I still haven’t pulled the trigger on my first briar. I thank you all for you input on Tsuge. As of now my cob is working just fine for me.

Having stopped by my b&m (very below standards) I was looking through the one basket of no names and noticed quite a difference in bowl geometry.

Is there a large difference in bowls in respect to wide\shallow vs. narrow\deep?

And, what do you prefer and why?

Thank you.


----------



## IHT (Dec 27, 2003)

i prefer:
wide/deep. wide/shallow. narrow/deep. narrow/shallow. medium/medium, etc, etc.
depends on the tobacco you intend to smoke in it.

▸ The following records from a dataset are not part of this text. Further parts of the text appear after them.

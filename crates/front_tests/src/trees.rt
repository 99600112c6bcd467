//! Tables of names, and symbols.

use sv_tree::{NameId, Names, NoMemory, Symbol, Token, TokenKind, symbol_of};
use vs_base::Origin;

fn token(number: u32) -> Token {
    Token {
        kind: TokenKind::Mark,
        name: NameId(number),
        at: Origin {
            file: 0,
            line: 1,
            col: 1,
        },
    }
}

#[test]
fn a_token_is_what_its_kind_and_spelling_say(rt: HostRuntime) -> Result<(), NoMemory> {
    let table = [
        (TokenKind::Word, b"always_ff".as_slice(), Symbol::AlwaysFf),
        (TokenKind::Word, b"initial".as_slice(), Symbol::Other),
        (TokenKind::Mark, b"<=".as_slice(), Symbol::LessEqual),
        (TokenKind::Mark, b"**".as_slice(), Symbol::Other),
        (TokenKind::Name, b"q".as_slice(), Symbol::Name),
        (TokenKind::Directive, b"`define".as_slice(), Symbol::Other),
    ];
    let mut names = Names::new(rt.alloc())?;
    for (kind, text, want) in table {
        let name = names.intern(rt.alloc(), text)?;
        let token = Token { kind, ..token(0) };
        let token = Token { name, ..token };
        assert_eq!(rt; symbol_of(&names, token), want, "a symbol");
    }
    Ok(())
}

#[test]
fn numbers_come_in_order_and_stay(rt: HostRuntime) -> Result<(), NoMemory> {
    let alloc = rt.alloc();
    let mut names = Names::new(alloc)?;
    assert_eq!(rt; names.len(), 0);
    let table = [
        (b"clk".as_slice(), 0),
        (b"rst".as_slice(), 1),
        (b"clk".as_slice(), 0),
        (b"".as_slice(), 2),
        (b"clk_n".as_slice(), 3),
        (b"rst".as_slice(), 1),
    ];
    for (text, want) in table {
        let id = names.intern(alloc, text)?;
        assert_eq!(rt; id, NameId(want), "a number");
        assert_eq!(rt; names.find(text), Some(NameId(want)), "found");
    }
    assert_eq!(rt; names.len(), 4);
    assert_eq!(rt; names.find(b"Clk"), None);
    assert!(rt; names.len() > 3);
    assert_eq!(rt; names.text(NameId(1)), b"rst".as_slice());
    assert_eq!(rt; names.text(NameId(3)), b"clk_n".as_slice());
    Ok(())
}
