use crate::Bits;

/// One step of a stimulus. Ports are numbered by their places in the design's list of ports.
#[derive(Clone, Copy, Debug, PartialEq, Eq)]
pub enum Act {
    /// Sets an input port, whose width the value has, from the next eval on.
    Set { port: u32, value: Bits },
    /// Evaluates the design once.
    Eval,
    /// Sets the port to 1, evaluates, sets it to 0 and evaluates, for each turn.
    Clock { port: u32, turns: u32 },
}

maybe sunday night i'll expand on my reply.


----------



## The Pirate (May 20, 2007)

Bowl size for me depends mainly on the tobacco to be smoked. This will vary from individual to individual. I prefer smaller bowls for Va. and VApers, especially flakes in this category. I prefer larger bowls for burley.
Shapes are a matter of individual preference too. I do not care for bowls that come to a sharp point at the bottom. These 'V' shaped bowls tend to crowd the draft hole and restrict the draw for me. I also prefer thick bowls over thin.
There is no way that anyone can tell you a hard and fast rule for bowl shapes and sizes. It is something that you must discover for yourself. And on you search you will no doubt purchase some pipes that turn out not to be so good. But that is part of the fun of smoking a pipe.
Ken


----------



## a.paul (Jan 17, 2007)

I guess one thing we can take from IHT's answer is that he likes pipes! LOL.

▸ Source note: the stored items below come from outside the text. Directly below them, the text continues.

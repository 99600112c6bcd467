//! The values and the plain types that every crate speaks of.
//!
//! A value of the hardware language is a width in bits and a number below 2 to that width ([`Bits`]).
//! Whether it is read with a sign is no part of it: the type of the expression that it came from says so
//! ([`ValueType`]), and each call that depends on it takes a `signed`. The rules are those of
//! IEEE 1800-2017, 11.6 (widths) and 11.8 (signs), at two states: a bit is 0 or 1.
//!
//! Each call on values is pinned by a definition of `specs/Number.antt` or `specs/Operators.antt` on width and
//! number alone, so that upper crates never see a machine word. The operators of the language (IEEE 1800-2017
//! 11.4) are here, and nowhere else. No call refuses or takes memory, and each takes a fixed number of steps on
//! words of 128 bits, but for [`Bits::repeat`], which takes one for each copy.
//!
//! An expression has a type of its own, which its operands fix from below (IEEE 1800-2017 11.6.1, table 11-21, and
//! 11.8.1). It is then evaluated in a context: the width goes down again to every operand that is not taken alone, and
//! each operand is extended to it, by its sign bit only where the whole is signed (11.8.2). So `(a + b) >> 1` on two
//! operands of 8 bits that is assigned to 8 bits loses the carry, and `({1'b0, a} + b) >> 1` keeps it. [`wider`],
//! [`assignment_context`] and [`in_context`] are pinned by `specs/Types.antt`.
//!
//! Beside them stand [`Whole`], the number that a value reads; [`Origin`], a place in a source file; [`Text`], a list of bytes; [`Act`], one step of a
//! stimulus; [`Kind`], what a limit counts; and the [`limits`] themselves.
//!
//! ```text
//! let a = Bits::new(4, 0b1000);       // 4'h8, which reads -8 with a sign
//! a.extend(8, true)                   // 8'hf8
//! a.slice(-1, 4)                      // 4'b0000: place -1 reads 0, and the top bit is cut
//! Bits::new(8, 0).place(2, a)         // 8'b00100000
//! a.add(Bits::new(4, 9))              // 4'h1
//! let byte = ValueType { width: 8, signed: true };
//! wider(byte, ValueType { width: 16, signed: false })                     // 16 bits, unsigned
//! in_context(Bits::new(8, 0x80), assignment_context(byte, 16))            // 16'hff80
//! ```
#![tactic(auto)]

mod act;
mod bits;
pub mod limits;
mod origin;
mod text;
mod types;
mod whole;

pub use act::Act;
pub use bits::Bits;
pub use limits::Kind;
pub use origin::Origin;
pub use text::Text;
pub use types::{ValueType, assignment_context, in_context, wider};
pub use whole::Whole;
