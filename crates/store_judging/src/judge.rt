// What a save and a load test before anything is written, each in its own order.
ghost use Rattle.std.specs.Prelude.{◌≡◌, ◌+◌, ◌-◌, ◌*◌, ◌/◌, ◌≤◌, length};
ghost use Rattle.laws.specs.Parts.{part};
ghost use Rattle.refusal.specs.declared.Verdict.TheVariants.{Accepted};
ghost use Rattle.cell.specs.Cell.{depth_of, sound_of};
ghost use Rattle.sketch.specs.Sketch.{all_cells};
ghost use Rattle.sketch.specs.Refusals.{refuse_unsound, numbers_verdict};
ghost use Rattle.store_blocks.specs.Blocks.{carried};
ghost use Rattle.store.specs.Refusals.{refuse_blocks, grid_in, grid_verdict};
ghost use Rattle.store.specs.Workers.{Sized, Stored};

use refusal::Verdict;
use sketch::MicroCm;
use store_blocks::chain;
use store_bytes::bytes;

pub fn grid_bytes(sketch: MicroCm) -> usize
    requires { numbers_verdict sketch ≡ Accepted }
    ensures { Sized sketch result }
{
    let params = sketch.params;
    sketch.rows * sketch.cols * cell_layout::fields::depth(params.t)
}

// The length of the store of a grid of so many bytes.
pub fn store_bytes(size: usize) -> usize
    requires { size ≤ 34426847232 }
    ensures { result ≡ 512 * (1 + (size + 503) / 504) }
{
    512 * (1 + (size + 503) / 504)
}

// Whether the cell that the store carries from `at` on is sound. Its zoom and its shutter stand together behind its pixels,
// and no other byte of it is read.
fn cell_sound(sketch: MicroCm, store: &[u8], at: usize) -> bool
    requires { (numbers_verdict sketch ≡ Accepted) × (at + depth_of sketch.params.t ≤ 504 * (length store.now / 512 - 1)) }
    ensures { result ≡ sound_of sketch.params.t sketch.params.c (part at (depth_of sketch.params.t) (carried store.now)) }
{
    let params = sketch.params;
    let mut held = [0u8; 5];
    chain::copy_out(&mut held, store, at + cell_layout::fields::pixels(params.t));
    let shutter = bytes::number(&held[1..5]);
    cell_judging::judge::fields_sound(held[0], shutter, params.c)
}

// 14 over the stored cells.
pub fn cells(sketch: MicroCm, store: &[u8]) -> Verdict
    requires { Stored sketch (length store.now) }
    ensures { result ≡ refuse_unsound sketch (grid_in sketch store.now) (all_cells sketch) Accepted }
{
    let params = sketch.params;
    let depth = cell_layout::fields::depth(params.t);
    let count = sketch.rows * sketch.cols;
    for index in 0..count {
        if !cell_sound(sketch, store, index * depth) {
            return Verdict::Unsound(index);
        }
    }
    Verdict::Accepted
}

// 16 for a store that was cut, 17 over every block.
pub fn whole(store: &[u8]) -> Verdict
    ensures { result ≡ refuse_blocks store.now Accepted }
{
    if store.is_empty() || store.len() % 512 != 0 {
        return Verdict::Refused(16);
    }
    if chain::all_pass(store) {
        return Verdict::Accepted;
    }
    Verdict::Refused(17)
}

// 16, 18, 6, 14: what is left to judge once the header has given a sketch.
pub fn behind_header(sketch: MicroCm, grid: &[u8], store: &[u8]) -> Verdict
    requires { numbers_verdict sketch ≡ Accepted }
    ensures { result ≡ grid_verdict sketch grid.now store.now }
{
    let size = grid_bytes(sketch);
    if store.len() != store_bytes(size) {
        return Verdict::Refused(16);
    }
    if !chain::fill_clear(store, size) {
        return Verdict::Refused(18);
    }
    if grid.len() != size {
        return Verdict::Refused(6);
    }
    cells(sketch, store)
}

I don't really know what I prefer...except that I'm not crazy on tall/narrow or 'stacks' I guess they're called? But that's a personal aesthetic thing and nothing more.


----------



## pierredekat (Mar 7, 2007)

For most tobaccos and especially aromatics, I like I wide bowl, somewhere in the range of 15/16 diameter -- depth doesn't matter much to me as I'll often just smoke a half bowl in a tall pipe, or whatever.

I also have some medium size bowls in the 3/4 inch range that I smoke a few milder, less aromatic tobaccos in.

And I have a little Thom Thumb that I smoke a little "London Press" flake from the local B&M that's kinda like the hashish of tobaccos. :w

Anything more than a pinch of that stuff and your knees start getting a little wobbly.


----------



## Hoplophile (Feb 2, 2007)

I prefer VA's in smaller, taller/ narrow bowls, generally. It's not a hard and fast rule though... I have an old private label pipe from the Owl Shop (I think it is a Comoy's) in a wide pot shape that is a fantastic flake pipe. But my bowl shapes run the gamut, which I like. It's fun sorting out which individual blends smoke best in each pipe.


----------



## a.paul (Jan 17, 2007)

Hoplophile said:


> It's fun sorting out which individual blends smoke best in each pipe.


How do you have the time, foresight and memory to do that? I can barely remember which pipes I've smoked recently and the best I can do is sort out "latakia" and "no-latakia"...


----------



## Hoplophile (Feb 2, 2007)

a.paul said:


> How do you have the time, foresight and memory to do that? I can barely remember which pipes I've smoked recently and the best I can do is sort out "latakia" and "no-latakia"...


"...10 minutes to Wapner."
It's not nearly that systematic. I just tend to notice the difference if I smoke a particular blend through my rotation for a while.


----------



## LSU Tiger (Jun 9, 2006)

I prefer the Dublin shape in a larger size (group 5 to ODA), which works well for the burley/VA blends I smoke. The tapered chamber is the best going, IMO, for these blends. For VA/per flakes, my other weakness, I prefer a smaller bowl in the group 3 range and sometimes smaller. In such a small pipe, the shape of the chamber becomes less of an issue than capacity to keep the heat down and taste the tobacco.


----------